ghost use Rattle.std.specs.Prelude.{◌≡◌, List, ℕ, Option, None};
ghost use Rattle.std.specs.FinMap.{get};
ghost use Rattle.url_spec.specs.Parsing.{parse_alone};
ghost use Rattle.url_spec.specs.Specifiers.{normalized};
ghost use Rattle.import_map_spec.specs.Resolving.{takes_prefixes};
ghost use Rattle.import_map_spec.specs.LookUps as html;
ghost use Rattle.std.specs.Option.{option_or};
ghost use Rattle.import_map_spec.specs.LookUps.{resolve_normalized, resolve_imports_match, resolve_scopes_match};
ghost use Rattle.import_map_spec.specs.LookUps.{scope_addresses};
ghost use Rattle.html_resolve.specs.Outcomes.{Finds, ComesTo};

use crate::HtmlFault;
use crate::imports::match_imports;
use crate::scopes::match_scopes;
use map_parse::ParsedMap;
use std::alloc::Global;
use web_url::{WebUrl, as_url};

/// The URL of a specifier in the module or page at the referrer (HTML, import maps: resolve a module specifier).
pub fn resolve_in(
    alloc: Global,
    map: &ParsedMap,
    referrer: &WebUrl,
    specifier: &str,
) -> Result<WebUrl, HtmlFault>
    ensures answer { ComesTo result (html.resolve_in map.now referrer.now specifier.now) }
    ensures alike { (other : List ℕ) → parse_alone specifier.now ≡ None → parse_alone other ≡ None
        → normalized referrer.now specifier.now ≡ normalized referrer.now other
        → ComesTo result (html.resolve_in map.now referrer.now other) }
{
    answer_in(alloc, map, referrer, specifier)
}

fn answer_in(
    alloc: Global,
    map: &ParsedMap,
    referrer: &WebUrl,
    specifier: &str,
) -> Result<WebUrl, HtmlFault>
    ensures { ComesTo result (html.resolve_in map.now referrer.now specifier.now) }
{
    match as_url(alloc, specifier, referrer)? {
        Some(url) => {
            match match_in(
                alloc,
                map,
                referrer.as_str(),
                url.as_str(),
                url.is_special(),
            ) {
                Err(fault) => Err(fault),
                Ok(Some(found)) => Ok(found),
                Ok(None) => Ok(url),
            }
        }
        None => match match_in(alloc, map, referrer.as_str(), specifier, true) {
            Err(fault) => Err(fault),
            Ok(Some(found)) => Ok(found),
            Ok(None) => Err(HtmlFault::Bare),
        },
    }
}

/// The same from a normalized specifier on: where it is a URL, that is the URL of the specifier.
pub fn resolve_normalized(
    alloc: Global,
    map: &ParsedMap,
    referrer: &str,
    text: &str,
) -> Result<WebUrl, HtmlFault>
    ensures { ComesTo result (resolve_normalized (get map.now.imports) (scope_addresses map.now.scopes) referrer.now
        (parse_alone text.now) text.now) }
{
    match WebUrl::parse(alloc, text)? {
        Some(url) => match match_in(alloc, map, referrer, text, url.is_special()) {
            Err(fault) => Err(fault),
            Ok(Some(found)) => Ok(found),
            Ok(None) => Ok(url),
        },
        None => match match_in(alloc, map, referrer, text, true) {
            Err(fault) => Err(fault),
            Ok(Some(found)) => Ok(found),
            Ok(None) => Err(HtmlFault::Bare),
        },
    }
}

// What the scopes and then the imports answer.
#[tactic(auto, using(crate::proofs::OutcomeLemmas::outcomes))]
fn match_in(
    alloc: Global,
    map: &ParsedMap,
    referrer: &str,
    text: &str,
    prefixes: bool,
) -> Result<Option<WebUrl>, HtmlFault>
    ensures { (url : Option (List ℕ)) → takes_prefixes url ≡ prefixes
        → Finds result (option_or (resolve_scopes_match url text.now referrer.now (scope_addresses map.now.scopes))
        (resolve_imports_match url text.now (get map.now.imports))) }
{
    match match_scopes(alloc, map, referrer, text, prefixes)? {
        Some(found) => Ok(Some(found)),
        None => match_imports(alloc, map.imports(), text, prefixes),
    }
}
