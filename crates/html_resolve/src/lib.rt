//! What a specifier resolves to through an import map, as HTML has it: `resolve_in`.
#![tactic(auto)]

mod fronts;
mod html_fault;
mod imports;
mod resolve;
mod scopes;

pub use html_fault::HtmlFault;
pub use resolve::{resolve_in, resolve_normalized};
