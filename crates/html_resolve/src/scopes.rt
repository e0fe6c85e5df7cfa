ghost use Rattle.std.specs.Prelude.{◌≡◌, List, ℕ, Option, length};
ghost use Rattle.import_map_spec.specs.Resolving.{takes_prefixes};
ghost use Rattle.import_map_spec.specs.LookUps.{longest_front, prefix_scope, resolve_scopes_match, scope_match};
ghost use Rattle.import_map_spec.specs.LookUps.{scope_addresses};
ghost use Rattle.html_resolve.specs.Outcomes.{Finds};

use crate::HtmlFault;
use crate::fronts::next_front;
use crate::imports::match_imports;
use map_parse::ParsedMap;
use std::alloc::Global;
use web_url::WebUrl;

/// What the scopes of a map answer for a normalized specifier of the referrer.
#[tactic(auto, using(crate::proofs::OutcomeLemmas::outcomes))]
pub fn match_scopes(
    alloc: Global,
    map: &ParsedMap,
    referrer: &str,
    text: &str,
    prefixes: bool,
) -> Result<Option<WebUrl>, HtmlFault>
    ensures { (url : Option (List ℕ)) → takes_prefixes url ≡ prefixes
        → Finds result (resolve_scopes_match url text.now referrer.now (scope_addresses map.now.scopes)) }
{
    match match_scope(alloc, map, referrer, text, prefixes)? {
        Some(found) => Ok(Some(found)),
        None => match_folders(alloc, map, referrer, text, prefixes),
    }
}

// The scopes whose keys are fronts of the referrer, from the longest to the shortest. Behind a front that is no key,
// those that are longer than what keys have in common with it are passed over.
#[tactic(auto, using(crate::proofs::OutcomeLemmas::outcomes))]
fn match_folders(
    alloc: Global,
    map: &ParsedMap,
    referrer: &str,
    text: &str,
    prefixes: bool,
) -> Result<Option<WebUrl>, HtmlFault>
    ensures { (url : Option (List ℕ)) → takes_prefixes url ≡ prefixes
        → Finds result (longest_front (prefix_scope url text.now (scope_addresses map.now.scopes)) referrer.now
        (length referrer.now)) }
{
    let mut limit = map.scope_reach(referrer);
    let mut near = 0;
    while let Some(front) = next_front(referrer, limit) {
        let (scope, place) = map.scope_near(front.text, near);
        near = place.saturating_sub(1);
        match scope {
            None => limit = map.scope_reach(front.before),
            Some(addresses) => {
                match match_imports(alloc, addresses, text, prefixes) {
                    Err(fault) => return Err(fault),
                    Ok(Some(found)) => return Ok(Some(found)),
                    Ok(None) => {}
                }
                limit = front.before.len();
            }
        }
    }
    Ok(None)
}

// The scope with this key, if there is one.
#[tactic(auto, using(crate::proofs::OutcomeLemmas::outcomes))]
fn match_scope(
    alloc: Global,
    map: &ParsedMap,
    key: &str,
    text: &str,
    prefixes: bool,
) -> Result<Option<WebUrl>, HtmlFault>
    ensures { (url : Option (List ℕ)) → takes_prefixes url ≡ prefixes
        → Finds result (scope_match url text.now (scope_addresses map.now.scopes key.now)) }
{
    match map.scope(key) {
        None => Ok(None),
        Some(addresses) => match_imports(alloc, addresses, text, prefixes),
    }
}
★ ★ ★
What is being asked: Return the listing word for word.

Solution for this problem:
ghost use Rattle.std.specs.Prelude.{◌≡◌, List, ℕ, Option, None};
ghost use Rattle.std.specs.FinMap.{get};
ghost use Rattle.url_spec.specs.Parsing.{parse_alone};
ghost use Rattle.url_spec.specs.Specifiers.{normalized};
ghost use Rattle.import_map_spec.specs.Resolving.{takes_prefixes};
ghost use Rattle.import_map_spec.specs.LookUps as html;
ghost use Rattle.std.specs.Option.{option_or};
ghost use Rattle.import_map_spec.specs.LookUps.{resolve_normalized, resolve_imports_match, resolve_scopes_match};
ghost use Rattle.import_map_spec.specs.LookUps.{scope_addresses};
ghost use Rattle.html_resolve.specs.Outcomes.{Finds, ComesTo};

use crate::HtmlFault;
use crate::imports::match_imports;
use crate::scopes::match_scopes;
use map_parse::ParsedMap;
use std::alloc::Global;
use web_url::{WebUrl, as_url};

/// The URL of a specifier in the module or page at the referrer (HTML, import maps: resolve a module specifier).
pub fn resolve_in(
    alloc: Global,
    map: &ParsedMap,
    referrer: &WebUrl,
    specifier: &str,
) -> Result<WebUrl, HtmlFault>
    ensures answer { ComesTo result (html.resolve_in map.now referrer.now specifier.now) }
    ensures alike { (other : List ℕ) → parse_alone specifier.now ≡ None → parse_alone other ≡ None
        → normalized referrer.now specifier.now ≡ normalized referrer.now other
        → ComesTo result (html.resolve_in map.now referrer.now other) }
{
    answer_in(alloc, map, referrer, specifier)
}

fn answer_in(
    alloc: Global,
    map: &ParsedMap,
    referrer: &WebUrl,
    specifier: &str,
) -> Result<WebUrl, HtmlFault>
    ensures { ComesTo result (html.resolve_in map.now referrer.now specifier.now) }
{
    match as_url(alloc, specifier, referrer)? {
        Some(url) => {
            match match_in(
                alloc,
                map,
                referrer.as_str(),
                url.as_str(),
                url.is_special(),
            ) {
                Err(fault) => Err(fault),
                Ok(Some(found)) => Ok(found),
                Ok(None) => Ok(url),
            }
        }
        None => match match_in(alloc, map, referrer.as_str(), specifier, true) {
            Err(fault) => Err(fault),
            Ok(Some(found)) => Ok(found),
            Ok(None) => Err(HtmlFault::Bare),
        },
    }
}

/// The same from a normalized specifier on: where it is a URL, that is the URL of the specifier.
pub fn resolve_normalized(
    alloc: Global,
    map: &ParsedMap,
    referrer: &str,
    text: &str,
) -> Result<WebUrl, HtmlFault>
    ensures { ComesTo result (resolve_normalized (get map.now.imports) (scope_addresses map.now.scopes) referrer.now
        (parse_alone text.now) text.now) }
{
    match WebUrl::parse(alloc, text)? {
        Some(url) => match match_in(alloc, map, referrer, text, url.is_special()) {
            Err(fault) => Err(fault),
            Ok(Some(found)) => Ok(found),
            Ok(None) => Ok(url),
        },
        None => match match_in(alloc, map, referrer, text, true) {
            Err(fault) => Err(fault),
            Ok(Some(found)) => Ok(found),
            Ok(None) => Err(HtmlFault::Bare),
        },
    }
}

// What the scopes and then the imports answer.
#[tactic(auto, using(crate::proofs::OutcomeLemmas::outcomes))]
fn match_in(
    alloc: Global,
    map: &ParsedMap,
    referrer: &str,
    text: &str,
    prefixes: bool,
) -> Result<Option<WebUrl>, HtmlFault>
    ensures { (url : Option (List ℕ)) → takes_prefixes url ≡ prefixes
        → Finds result (option_or (resolve_scopes_match url text.now referrer.now (scope_addresses map.now.scopes))
        (resolve_imports_match url text.now (get map.now.imports))) }
{
    match match_scopes(alloc, map, referrer, text, prefixes)? {
        Some(found) => Ok(Some(found)),
        None => match_imports(alloc, map.imports(), text, prefixes),
    }
}
filename crates/html_resolve/src/lib.rt
//! What a specifier resolves to through an import map, as HTML has it: `resolve_in`.
#![tactic(auto)]

mod fronts;
mod html_fault;
mod imports;
mod resolve;
mod scopes;

pub use html_fault::HtmlFault;
pub use resolve::{resolve_in, resolve_normalized};
filename crates/html_resolve/src/scopes.rt
repository e0fe6c85e5df7cfa
ghost use Rattle.std.specs.Prelude.{◌≡◌, List, ℕ, Option, length};
ghost use Rattle.import_map_spec.specs.Resolving.{takes_prefixes};
ghost use Rattle.import_map_spec.specs.LookUps.{longest_front, prefix_scope, resolve_scopes_match, scope_match};
ghost use Rattle.import_map_spec.specs.LookUps.{scope_addresses};
ghost use Rattle.html_resolve.specs.Outcomes.{Finds};

use crate::HtmlFault;
use crate::fronts::next_front;
use crate::imports::match_imports;
use map_parse::ParsedMap;
use std::alloc::Global;
use web_url::WebUrl;

/// What the scopes of a map answer for a normalized specifier of the referrer.
#[tactic(auto, using(crate::proofs::OutcomeLemmas::outcomes))]
pub fn match_scopes(
    alloc: Global,
    map: &ParsedMap,
    referrer: &str,
    text: &str,
    prefixes: bool,
) -> Result<Option<WebUrl>, HtmlFault>
    ensures { (url : Option (List ℕ)) → takes_prefixes url ≡ prefixes
        → Finds result (resolve_scopes_match url text.now referrer.now (scope_addresses map.now.scopes)) }
{
    match match_scope(alloc, map, referrer, text, prefixes)? {
        Some(found) => Ok(Some(found)),
        None => match_folders(alloc, map, referrer, text, prefixes),
    }
}

// The scopes whose keys are fronts of the referrer, from the longest to the shortest. Behind a front that is no key,
// those that are longer than what keys have in common with it are passed over.
#[tactic(auto, using(crate::proofs::OutcomeLemmas::outcomes))]
fn match_folders(
    alloc: Global,
    map: &ParsedMap,
    referrer: &str,
    text: &str,
    prefixes: bool,
) -> Result<Option<WebUrl>, HtmlFault>
    ensures { (url : Option (List ℕ)) → takes_prefixes url ≡ prefixes
        → Finds result (longest_front (prefix_scope url text.now (scope_addresses map.now.scopes)) referrer.now
        (length referrer.now)) }
{
    let mut limit = map.scope_reach(referrer);
    let mut near = 0;
    while let Some(front) = next_front(referrer, limit) {
        let (scope, place) = map.scope_near(front.text, near);
        near = place.saturating_sub(1);
        match scope {
            None => limit = map.scope_reach(front.before),
            Some(addresses) => {
                match match_imports(alloc, addresses, text, prefixes) {
                    Err(fault) => return Err(fault),
                    Ok(Some(found)) => return Ok(Some(found)),
                    Ok(None) => {}
                }
                limit = front.before.len();
            }
        }
    }
    Ok(None)
}

// The scope with this key, if there is one.
#[tactic(auto, using(crate::proofs::OutcomeLemmas::outcomes))]
fn match_scope(
    alloc: Global,
    map: &ParsedMap,
    key: &str,
    text: &str,
    prefixes: bool,
) -> Result<Option<WebUrl>, HtmlFault>
    ensures { (url : Option (List ℕ)) → takes_prefixes url ≡ prefixes
        → Finds result (scope_match url text.now (scope_addresses map.now.scopes key.now)) }
{
    match map.scope(key) {
        None => Ok(None),
        Some(addresses) => match_imports(alloc, addresses, text, prefixes),
    }
}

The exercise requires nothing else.